> [Input records]
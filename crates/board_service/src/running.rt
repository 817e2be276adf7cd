// A list of names on the machines of a sheet: each is looked up and run at once. After a block the others are only looked up, since one that is odd turns the
// answer into 14.
ghost use Rattle.std.specs.Prelude.{◌<◌, ◌≤◌, length};
ghost use Rattle.sheet_reader.specs.Lent.{lent};
ghost use Rattle.product.specs.Answers.{run_answer};
ghost use Rattle.board_service.specs.Boards.{FindsOdd, EndsBlocked, RunsNames};

use super::name_list::next_name;
use model::{MAX_MACHINES, Refusal};
use names::Names;
use product::{Outcome, RunAnswer, blocking_machine, move_lanes, place_bounds, refused};
use sheet_reader::SheetRows;

// The first name from a position on that is not ended or on no move, by how many names stand before it; `before` stand before the first of these.
fn odd_name(names: &[u8], at: usize, before: usize, sheet: &Names) -> Option<usize>
    requires { (sheet.now.count ≤ 64) × (before ≤ at) × (at ≤ length names.now) }
    ensures { FindsOdd names.now at before sheet.now.count sheet.now.«len» sheet.now.«high» sheet.now.«low» result }
{
    let mut position = before;
    let mut i = at;
    // a name moves the position by its length, so this is no for
    while i < names.len() {
        let Some(known) = next_name(names, i, sheet) else {
            return Some(position);
        };
        position += 1;
        i = known.next;
    }
    None
}

// The answer where a machine has blocked a name, and `at` is the position after this name.
fn end_blocked(
    names: &[u8],
    at: usize,
    sheet: &Names,
    ran: usize,
    machine: usize,
    places: [u8; MAX_MACHINES],
) -> RunAnswer
    requires { (sheet.now.count ≤ 64) × (ran < at) × (at ≤ length names.now) }
    ensures { EndsBlocked names.now at sheet.now.count sheet.now.«len» sheet.now.«high» sheet.now.«low» ran machine places (run_answer result) }
{
    if let Some(position) = odd_name(names, at, ran + 1, sheet) {
        return refused(Refusal::UnknownEvent { position }); // 14 odd call
    }
    RunAnswer {
        outcome: Outcome::Blocked { ran, machine },
        places,
    }
}

// The names one after another, from the start places.
pub fn run_names(names: &[u8], sheet: &SheetRows, machines: usize) -> RunAnswer
    requires { (sheet.now.names.count ≤ 64) × (machines ≤ 16) }
    ensures { RunsNames names.now machines sheet.now.names.count (lent sheet.now.names sheet.now.moves) sheet.now.starts (run_answer result) }
{
    let bounds = place_bounds(machines);
    let sixteen = [MAX_MACHINES; 1];
    let mut places = sheet.starts;
    let mut ran = 0;
    let mut i = 0;
    // nor is this
    while i < names.len() {
        let Some(known) = next_name(names, i, &sheet.names) else {
            return refused(Refusal::UnknownEvent { position: ran }); // 14 odd call
        };
        let Some(after) = move_lanes(&sheet.moves, bounds, places, known.event, &sixteen) else {
            // one of the machines is not ready
            let pre = &sheet.moves.pre;
            let machine = blocking_machine(pre, machines, places, known.event).unwrap();
            return end_blocked(names, known.next, &sheet.names, ran, machine, places);
        };
        places = after;
        ran += 1;
        i = known.next;
    }
    RunAnswer {
        outcome: Outcome::Whole,
        places,
    }
}
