// The calls that are given a sheet. They take any bytes, and each contract is an equation with the model's definition of the call.
#![tactic(auto)]

ghost use Rattle.std.specs.Prelude.{◌≡◌};
ghost use Rattle.model.specs.Board as Board;
ghost use Rattle.answers.specs.Answers.{answered};
ghost use Rattle.product.specs.Answers.{run_answer};
ghost use Rattle.board_service.specs.Boards.{RunsBoard};

use model::Refusal;
use product::{RunAnswer, refused};
use running::run_names;
use sheet_reader::{SheetRows, read_sheet};
use writers::write_bytes;

mod name_list; // a name of the list, looked up
mod running; // the names one after another

// The machines of a sheet into the first bytes of the lent buffer, or the refusal and no byte changed. A good sheet is what its machines write, so its bytes are
// copied.
pub fn sheet(sheet: &[u8], out: &mut [u8]) -> Result<usize, Refusal>
    ensures result_value { answered result ≡ (Board.rewrite sheet.now out.old).answer }
    ensures out_after { out.new ≡ (Board.rewrite sheet.now out.old).left }
{
    let mut rows = SheetRows::fresh();
    read_sheet(sheet, &mut rows)?; // 15 bad sheet
    let size = sheet.len();
    if out.len() < size {
        return Err(Refusal::BufferTooShort { needed: size }); // 13 short sheet
    }
    Ok(write_bytes(sheet, out, 0))
}

// What a list of names comes to on the machines of a sheet, and how many machines there are. That is 0 where the sheet is bad, and no Option: so `RunsBoard` has it.
#[derive(Drop)]
pub struct BoardRun {
    pub machines: usize,
    pub answer: RunAnswer,
}

pub fn run_board(sheet: &[u8], names: &[u8]) -> BoardRun
    ensures { RunsBoard sheet.now names.now result.machines result.answer }
{
    let mut rows = SheetRows::fresh();
    match read_sheet(sheet, &mut rows) {
        Ok(machines) => BoardRun {
            machines,
            answer: run_names(names, &rows, machines),
        },
        Err(why) => BoardRun {
            machines: 0,
            answer: refused(why), // 15 bad sheet
        },
    }
}

// The run from the sheet alone: the events by their names, each ended by byte 10, from the start places.
pub fn board(sheet: &[u8], names: &[u8]) -> RunAnswer
    ensures { run_answer result ≡ Board.board_run sheet.now names.now }
{
    run_board(sheet, names).answer
}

> [Task brief]
Restate the data above word for word, omitting nothing.

> [Response area]
filename crates/board_service/src/running.rt
repository 817e2be276adf7cd
// A list of names on the machines of a sheet: each is looked up and run at once. After a block the others are only looked up, since one that is odd turns the
// answer into 14.
ghost use Rattle.std.specs.Prelude.{◌<◌, ◌≤◌, length};
ghost use Rattle.sheet_reader.specs.Lent.{lent};
ghost use Rattle.product.specs.Answers.{run_answer};
ghost use Rattle.board_service.specs.Boards.{FindsOdd, EndsBlocked, RunsNames};

use super::name_list::next_name;
use model::{MAX_MACHINES, Refusal};
use names::Names;
use product::{Outcome, RunAnswer, blocking_machine, move_lanes, place_bounds, refused};
use sheet_reader::SheetRows;

// The first name from a position on that is not ended or on no move, by how many names stand before it; `before` stand before the first of these.
fn odd_name(names: &[u8], at: usize, before: usize, sheet: &Names) -> Option<usize>
    requires { (sheet.now.count ≤ 64) × (before ≤ at) × (at ≤ length names.now) }
    ensures { FindsOdd names.now at before sheet.now.count sheet.now.«len» sheet.now.«high» sheet.now.«low» result }
{
    let mut position = before;
    let mut i = at;
    // a name moves the position by its length, so this is no for
    while i < names.len() {
        let Some(known) = next_name(names, i, sheet) else {
            return Some(position);
        };
        position += 1;
        i = known.next;
    }
    None
}

// The answer where a machine has blocked a name, and `at` is the position after this name.
fn end_blocked(
    names: &[u8],
    at: usize,
    sheet: &Names,
    ran: usize,
    machine: usize,
    places: [u8; MAX_MACHINES],
) -> RunAnswer
    requires { (sheet.now.count ≤ 64) × (ran < at) × (at ≤ length names.now) }
    ensures { EndsBlocked names.now at sheet.now.count sheet.now.«len» sheet.now.«high» sheet.now.«low» ran machine places (run_answer result) }
{
    if let Some(position) = odd_name(names, at, ran + 1, sheet) {
        return refused(Refusal::UnknownEvent { position }); // 14 odd call
    }
    RunAnswer {
        outcome: Outcome::Blocked { ran, machine },
        places,
    }
}

// The names one after another, from the start places.
pub fn run_names(names: &[u8], sheet: &SheetRows, machines: usize) -> RunAnswer
    requires { (sheet.now.names.count ≤ 64) × (machines ≤ 16) }
    ensures { RunsNames names.now machines sheet.now.names.count (lent sheet.now.names sheet.now.moves) sheet.now.starts (run_answer result) }
{
    let bounds = place_bounds(machines);
    let sixteen = [MAX_MACHINES; 1];
    let mut places = sheet.starts;
    let mut ran = 0;
    let mut i = 0;
    // nor is this
    while i < names.len() {
        let Some(known) = next_name(names, i, &sheet.names) else {
            return refused(Refusal::UnknownEvent { position: ran }); // 14 odd call
        };
        let Some(after) = move_lanes(&sheet.moves, bounds, places, known.event, &sixteen) else {
            // one of the machines is not ready
            let pre = &sheet.moves.pre;
            let machine = blocking_machine(pre, machines, places, known.event).unwrap();
            return end_blocked(names, known.next, &sheet.names, ran, machine, places);
        };
        places = after;
        ran += 1;
        i = known.next;
    }
    RunAnswer {
        outcome: Outcome::Whole,
        places,
    }
}
// The calls that are given a sheet. They take any bytes, and each contract is an equation with the model's definition of the call.
#![tactic(auto)]

ghost use Rattle.std.specs.Prelude.{◌≡◌};
ghost use Rattle.model.specs.Board as Board;
ghost use Rattle.answers.specs.Answers.{answered};
ghost use Rattle.product.specs.Answers.{run_answer};
ghost use Rattle.board_service.specs.Boards.{RunsBoard};

use model::Refusal;
use product::{RunAnswer, refused};
use running::run_names;
use sheet_reader::{SheetRows, read_sheet};
use writers::write_bytes;

mod name_list; // a name of the list, looked up
mod running; // the names one after another

// The machines of a sheet into the first bytes of the lent buffer, or the refusal and no byte changed. A good sheet is what its machines write, so its bytes are
// copied.
pub fn sheet(sheet: &[u8], out: &mut [u8]) -> Result<usize, Refusal>
    ensures result_value { answered result ≡ (Board.rewrite sheet.now out.old).answer }
    ensures out_after { out.new ≡ (Board.rewrite sheet.now out.old).left }
{
    let mut rows = SheetRows::fresh();
    read_sheet(sheet, &mut rows)?; // 15 bad sheet
    let size = sheet.len();
    if out.len() < size {
        return Err(Refusal::BufferTooShort { needed: size }); // 13 short sheet
    }
    Ok(write_bytes(sheet, out, 0))
}

// What a list of names comes to on the machines of a sheet, and how many machines there are. That is 0 where the sheet is bad, and no Option: so `RunsBoard` has it.
#[derive(Drop)]
pub struct BoardRun {
    pub machines: usize,
    pub answer: RunAnswer,
}

pub fn run_board(sheet: &[u8], names: &[u8]) -> BoardRun
    ensures { RunsBoard sheet.now names.now result.machines result.answer }
{
    let mut rows = SheetRows::fresh();
    match read_sheet(sheet, &mut rows) {
        Ok(machines) => BoardRun {
            machines,
            answer: run_names(names, &rows, machines),
        },
        Err(why) => BoardRun {
            machines: 0,
            answer: refused(why), // 15 bad sheet
        },
    }
}

// The run from the sheet alone: the events by their names, each ended by byte 10, from the start places.
pub fn board(sheet: &[u8], names: &[u8]) -> RunAnswer
    ensures { run_answer result ≡ Board.board_run sheet.now names.now }
{
    run_board(sheet, names).answer
}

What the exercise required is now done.